Stored items
=======

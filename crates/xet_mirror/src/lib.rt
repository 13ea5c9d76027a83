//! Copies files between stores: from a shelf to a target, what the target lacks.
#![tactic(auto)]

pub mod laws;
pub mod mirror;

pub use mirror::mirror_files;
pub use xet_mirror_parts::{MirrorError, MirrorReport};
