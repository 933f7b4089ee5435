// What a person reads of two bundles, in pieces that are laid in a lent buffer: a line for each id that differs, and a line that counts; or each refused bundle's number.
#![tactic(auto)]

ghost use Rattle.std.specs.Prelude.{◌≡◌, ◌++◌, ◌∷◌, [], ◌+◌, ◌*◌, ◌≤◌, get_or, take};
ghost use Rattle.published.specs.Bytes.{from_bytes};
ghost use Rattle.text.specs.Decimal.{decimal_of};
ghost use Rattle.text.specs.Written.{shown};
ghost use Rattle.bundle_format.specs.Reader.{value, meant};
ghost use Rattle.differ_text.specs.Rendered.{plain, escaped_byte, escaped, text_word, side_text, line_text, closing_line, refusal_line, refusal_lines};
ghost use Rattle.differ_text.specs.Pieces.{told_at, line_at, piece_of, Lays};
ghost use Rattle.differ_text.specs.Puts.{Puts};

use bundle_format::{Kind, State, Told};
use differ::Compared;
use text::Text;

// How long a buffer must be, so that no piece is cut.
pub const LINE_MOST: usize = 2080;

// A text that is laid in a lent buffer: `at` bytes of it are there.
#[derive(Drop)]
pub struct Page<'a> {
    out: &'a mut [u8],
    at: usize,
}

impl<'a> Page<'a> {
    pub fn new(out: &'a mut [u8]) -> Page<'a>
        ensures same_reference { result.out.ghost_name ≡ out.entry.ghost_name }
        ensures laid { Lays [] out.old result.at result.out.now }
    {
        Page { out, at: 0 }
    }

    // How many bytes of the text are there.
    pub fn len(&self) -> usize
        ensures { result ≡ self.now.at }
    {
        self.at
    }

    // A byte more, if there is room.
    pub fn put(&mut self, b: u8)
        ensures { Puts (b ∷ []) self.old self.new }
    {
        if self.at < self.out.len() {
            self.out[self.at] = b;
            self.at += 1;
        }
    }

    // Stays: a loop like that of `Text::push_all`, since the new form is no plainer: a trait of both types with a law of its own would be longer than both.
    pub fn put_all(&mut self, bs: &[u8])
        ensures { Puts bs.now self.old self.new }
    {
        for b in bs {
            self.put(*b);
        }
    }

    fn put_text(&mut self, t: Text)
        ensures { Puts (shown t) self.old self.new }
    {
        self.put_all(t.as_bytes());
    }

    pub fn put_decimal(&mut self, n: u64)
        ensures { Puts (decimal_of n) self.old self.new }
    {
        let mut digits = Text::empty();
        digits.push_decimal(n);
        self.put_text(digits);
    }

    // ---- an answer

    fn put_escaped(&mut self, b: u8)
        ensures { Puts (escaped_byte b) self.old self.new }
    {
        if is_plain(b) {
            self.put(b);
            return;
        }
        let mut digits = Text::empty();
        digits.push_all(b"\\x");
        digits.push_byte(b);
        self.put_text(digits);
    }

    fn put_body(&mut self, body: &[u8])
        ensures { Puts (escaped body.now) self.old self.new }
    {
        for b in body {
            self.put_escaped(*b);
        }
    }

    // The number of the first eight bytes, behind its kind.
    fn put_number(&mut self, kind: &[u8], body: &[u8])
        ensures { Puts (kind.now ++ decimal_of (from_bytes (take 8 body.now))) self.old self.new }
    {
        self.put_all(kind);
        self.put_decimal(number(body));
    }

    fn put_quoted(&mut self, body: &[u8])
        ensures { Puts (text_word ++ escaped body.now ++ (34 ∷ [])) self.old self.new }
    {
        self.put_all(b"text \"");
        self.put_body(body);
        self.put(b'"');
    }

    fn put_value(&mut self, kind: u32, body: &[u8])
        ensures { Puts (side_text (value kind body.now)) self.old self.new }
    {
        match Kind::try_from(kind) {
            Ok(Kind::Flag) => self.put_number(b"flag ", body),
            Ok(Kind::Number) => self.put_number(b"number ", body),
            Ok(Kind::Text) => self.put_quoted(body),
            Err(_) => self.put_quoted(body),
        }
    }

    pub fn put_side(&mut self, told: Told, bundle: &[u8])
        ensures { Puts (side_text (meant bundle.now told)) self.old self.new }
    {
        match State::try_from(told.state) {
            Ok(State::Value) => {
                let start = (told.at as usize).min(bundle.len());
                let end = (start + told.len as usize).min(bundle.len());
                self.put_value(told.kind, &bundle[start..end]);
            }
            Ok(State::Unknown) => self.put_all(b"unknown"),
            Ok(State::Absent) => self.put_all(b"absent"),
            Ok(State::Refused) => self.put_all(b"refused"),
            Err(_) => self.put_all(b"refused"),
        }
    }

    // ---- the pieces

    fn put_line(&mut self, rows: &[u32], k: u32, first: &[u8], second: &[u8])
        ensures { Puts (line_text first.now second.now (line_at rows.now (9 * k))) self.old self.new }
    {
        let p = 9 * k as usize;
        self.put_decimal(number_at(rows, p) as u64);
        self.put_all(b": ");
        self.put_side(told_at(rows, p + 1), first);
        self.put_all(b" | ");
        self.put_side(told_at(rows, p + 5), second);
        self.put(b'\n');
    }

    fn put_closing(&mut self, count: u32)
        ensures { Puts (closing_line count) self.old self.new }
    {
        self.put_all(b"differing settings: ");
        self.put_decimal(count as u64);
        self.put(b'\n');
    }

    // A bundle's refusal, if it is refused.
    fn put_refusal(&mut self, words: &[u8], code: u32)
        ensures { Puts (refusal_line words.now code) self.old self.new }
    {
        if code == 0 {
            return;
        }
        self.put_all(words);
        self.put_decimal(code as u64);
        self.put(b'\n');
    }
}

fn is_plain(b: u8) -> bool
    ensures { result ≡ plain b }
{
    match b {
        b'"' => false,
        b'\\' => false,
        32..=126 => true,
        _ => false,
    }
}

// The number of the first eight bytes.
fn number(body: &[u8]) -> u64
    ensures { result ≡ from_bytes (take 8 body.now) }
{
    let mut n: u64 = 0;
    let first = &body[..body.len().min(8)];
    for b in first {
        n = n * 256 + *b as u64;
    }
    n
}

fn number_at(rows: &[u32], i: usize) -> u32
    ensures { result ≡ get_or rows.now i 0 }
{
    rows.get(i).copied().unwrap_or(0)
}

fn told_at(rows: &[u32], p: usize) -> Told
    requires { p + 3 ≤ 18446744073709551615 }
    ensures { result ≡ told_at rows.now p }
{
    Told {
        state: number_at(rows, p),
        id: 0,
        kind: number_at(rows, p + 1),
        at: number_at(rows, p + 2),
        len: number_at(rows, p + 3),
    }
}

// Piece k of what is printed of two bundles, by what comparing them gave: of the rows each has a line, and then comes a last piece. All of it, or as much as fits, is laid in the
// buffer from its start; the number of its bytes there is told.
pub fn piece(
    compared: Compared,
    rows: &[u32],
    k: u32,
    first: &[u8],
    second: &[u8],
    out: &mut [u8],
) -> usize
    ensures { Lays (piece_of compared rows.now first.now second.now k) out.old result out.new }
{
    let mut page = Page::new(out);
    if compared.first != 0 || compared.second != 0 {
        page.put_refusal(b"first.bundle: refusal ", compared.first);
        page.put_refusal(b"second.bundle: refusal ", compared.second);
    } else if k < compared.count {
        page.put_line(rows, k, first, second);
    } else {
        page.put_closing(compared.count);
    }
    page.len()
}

=======

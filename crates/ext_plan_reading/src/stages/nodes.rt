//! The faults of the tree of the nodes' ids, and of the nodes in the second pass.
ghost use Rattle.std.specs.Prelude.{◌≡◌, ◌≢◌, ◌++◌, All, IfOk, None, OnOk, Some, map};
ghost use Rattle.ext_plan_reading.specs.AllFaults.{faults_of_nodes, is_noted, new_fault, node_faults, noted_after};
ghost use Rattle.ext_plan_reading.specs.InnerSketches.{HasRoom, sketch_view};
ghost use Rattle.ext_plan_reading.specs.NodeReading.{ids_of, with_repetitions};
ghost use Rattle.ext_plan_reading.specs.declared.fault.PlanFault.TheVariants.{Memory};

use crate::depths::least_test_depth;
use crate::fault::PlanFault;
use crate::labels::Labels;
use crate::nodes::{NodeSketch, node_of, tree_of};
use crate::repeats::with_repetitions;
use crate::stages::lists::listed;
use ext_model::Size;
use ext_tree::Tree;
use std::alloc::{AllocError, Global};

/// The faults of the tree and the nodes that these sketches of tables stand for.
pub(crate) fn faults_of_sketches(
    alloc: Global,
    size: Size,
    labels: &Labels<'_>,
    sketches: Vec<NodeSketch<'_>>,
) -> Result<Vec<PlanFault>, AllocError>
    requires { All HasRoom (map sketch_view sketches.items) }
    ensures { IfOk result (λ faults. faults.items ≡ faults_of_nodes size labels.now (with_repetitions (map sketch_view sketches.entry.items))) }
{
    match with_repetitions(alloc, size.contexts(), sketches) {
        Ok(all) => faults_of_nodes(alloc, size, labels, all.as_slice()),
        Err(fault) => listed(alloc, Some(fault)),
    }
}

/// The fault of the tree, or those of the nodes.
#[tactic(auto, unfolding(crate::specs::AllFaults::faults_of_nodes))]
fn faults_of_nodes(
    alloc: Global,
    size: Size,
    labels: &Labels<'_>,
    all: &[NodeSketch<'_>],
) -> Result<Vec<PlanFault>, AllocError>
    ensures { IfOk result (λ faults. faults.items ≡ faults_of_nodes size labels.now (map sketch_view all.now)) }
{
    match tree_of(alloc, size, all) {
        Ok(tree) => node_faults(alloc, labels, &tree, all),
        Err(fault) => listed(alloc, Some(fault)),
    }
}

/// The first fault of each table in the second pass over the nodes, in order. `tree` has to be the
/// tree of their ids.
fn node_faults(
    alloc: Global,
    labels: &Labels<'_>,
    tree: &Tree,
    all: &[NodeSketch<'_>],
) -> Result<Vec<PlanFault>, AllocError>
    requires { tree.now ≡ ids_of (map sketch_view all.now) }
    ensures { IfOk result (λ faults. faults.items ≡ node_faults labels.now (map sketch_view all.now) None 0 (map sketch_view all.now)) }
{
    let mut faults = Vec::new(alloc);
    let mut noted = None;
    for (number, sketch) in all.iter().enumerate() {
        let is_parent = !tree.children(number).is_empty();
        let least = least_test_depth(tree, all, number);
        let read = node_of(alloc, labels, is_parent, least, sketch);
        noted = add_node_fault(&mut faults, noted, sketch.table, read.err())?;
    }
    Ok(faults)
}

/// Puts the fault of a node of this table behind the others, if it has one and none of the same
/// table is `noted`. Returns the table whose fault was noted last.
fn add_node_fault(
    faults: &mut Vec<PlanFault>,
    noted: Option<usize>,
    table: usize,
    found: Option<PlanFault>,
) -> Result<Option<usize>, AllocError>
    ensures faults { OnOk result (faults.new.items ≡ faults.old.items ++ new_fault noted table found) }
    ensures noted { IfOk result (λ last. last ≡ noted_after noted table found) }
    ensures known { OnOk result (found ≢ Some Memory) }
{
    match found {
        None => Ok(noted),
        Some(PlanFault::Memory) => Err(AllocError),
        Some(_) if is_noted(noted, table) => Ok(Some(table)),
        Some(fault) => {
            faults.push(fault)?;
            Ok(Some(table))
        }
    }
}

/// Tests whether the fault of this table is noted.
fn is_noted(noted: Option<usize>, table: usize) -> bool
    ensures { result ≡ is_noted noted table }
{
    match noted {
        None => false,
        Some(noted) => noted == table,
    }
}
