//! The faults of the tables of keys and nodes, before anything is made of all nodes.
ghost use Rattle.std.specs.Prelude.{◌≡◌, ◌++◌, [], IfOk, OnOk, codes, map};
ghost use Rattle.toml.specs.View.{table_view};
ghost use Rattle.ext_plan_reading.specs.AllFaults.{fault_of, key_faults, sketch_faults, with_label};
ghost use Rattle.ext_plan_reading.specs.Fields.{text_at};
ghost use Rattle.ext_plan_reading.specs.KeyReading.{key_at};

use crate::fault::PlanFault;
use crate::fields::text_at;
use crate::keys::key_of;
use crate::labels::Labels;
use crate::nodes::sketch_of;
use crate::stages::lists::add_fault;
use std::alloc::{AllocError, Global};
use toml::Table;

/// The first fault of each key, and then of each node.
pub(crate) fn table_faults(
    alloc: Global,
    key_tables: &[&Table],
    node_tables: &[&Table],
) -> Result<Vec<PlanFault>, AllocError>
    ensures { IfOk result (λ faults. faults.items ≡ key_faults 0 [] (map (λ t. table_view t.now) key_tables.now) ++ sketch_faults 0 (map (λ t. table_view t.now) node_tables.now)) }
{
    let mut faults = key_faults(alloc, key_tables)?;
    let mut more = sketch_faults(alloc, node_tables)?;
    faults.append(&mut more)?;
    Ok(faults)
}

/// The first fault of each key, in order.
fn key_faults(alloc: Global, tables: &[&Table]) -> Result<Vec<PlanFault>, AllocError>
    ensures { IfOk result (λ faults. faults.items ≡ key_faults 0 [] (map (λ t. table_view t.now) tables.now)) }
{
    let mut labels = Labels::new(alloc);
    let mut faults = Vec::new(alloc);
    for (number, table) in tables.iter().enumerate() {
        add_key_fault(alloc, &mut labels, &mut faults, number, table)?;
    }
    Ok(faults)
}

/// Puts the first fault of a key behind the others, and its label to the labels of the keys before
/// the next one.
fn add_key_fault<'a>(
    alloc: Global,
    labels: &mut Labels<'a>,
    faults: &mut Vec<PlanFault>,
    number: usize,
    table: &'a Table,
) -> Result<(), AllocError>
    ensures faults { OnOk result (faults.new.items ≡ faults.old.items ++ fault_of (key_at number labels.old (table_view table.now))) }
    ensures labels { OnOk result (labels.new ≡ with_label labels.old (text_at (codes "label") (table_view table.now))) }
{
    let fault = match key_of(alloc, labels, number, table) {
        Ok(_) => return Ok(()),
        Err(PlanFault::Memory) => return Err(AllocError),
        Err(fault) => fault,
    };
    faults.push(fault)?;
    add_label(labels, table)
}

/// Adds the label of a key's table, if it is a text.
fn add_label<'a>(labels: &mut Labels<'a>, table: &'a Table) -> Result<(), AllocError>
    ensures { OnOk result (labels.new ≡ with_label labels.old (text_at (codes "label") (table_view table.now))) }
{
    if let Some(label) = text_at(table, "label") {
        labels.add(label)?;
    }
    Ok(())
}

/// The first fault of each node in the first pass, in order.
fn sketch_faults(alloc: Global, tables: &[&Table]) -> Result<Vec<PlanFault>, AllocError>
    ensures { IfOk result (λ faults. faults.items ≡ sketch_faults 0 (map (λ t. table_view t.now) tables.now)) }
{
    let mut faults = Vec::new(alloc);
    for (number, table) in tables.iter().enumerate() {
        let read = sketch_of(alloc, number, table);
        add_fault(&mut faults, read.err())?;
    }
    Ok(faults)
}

=======

TASK INSTRUCTIONS
Where the word "Option" occurs in a line of the records, copy that line.

ANSWER SECTION
    noted: Option<usize>,
    found: Option<PlanFault>,
) -> Result<Option<usize>, AllocError>
fn is_noted(noted: Option<usize>, table: usize) -> bool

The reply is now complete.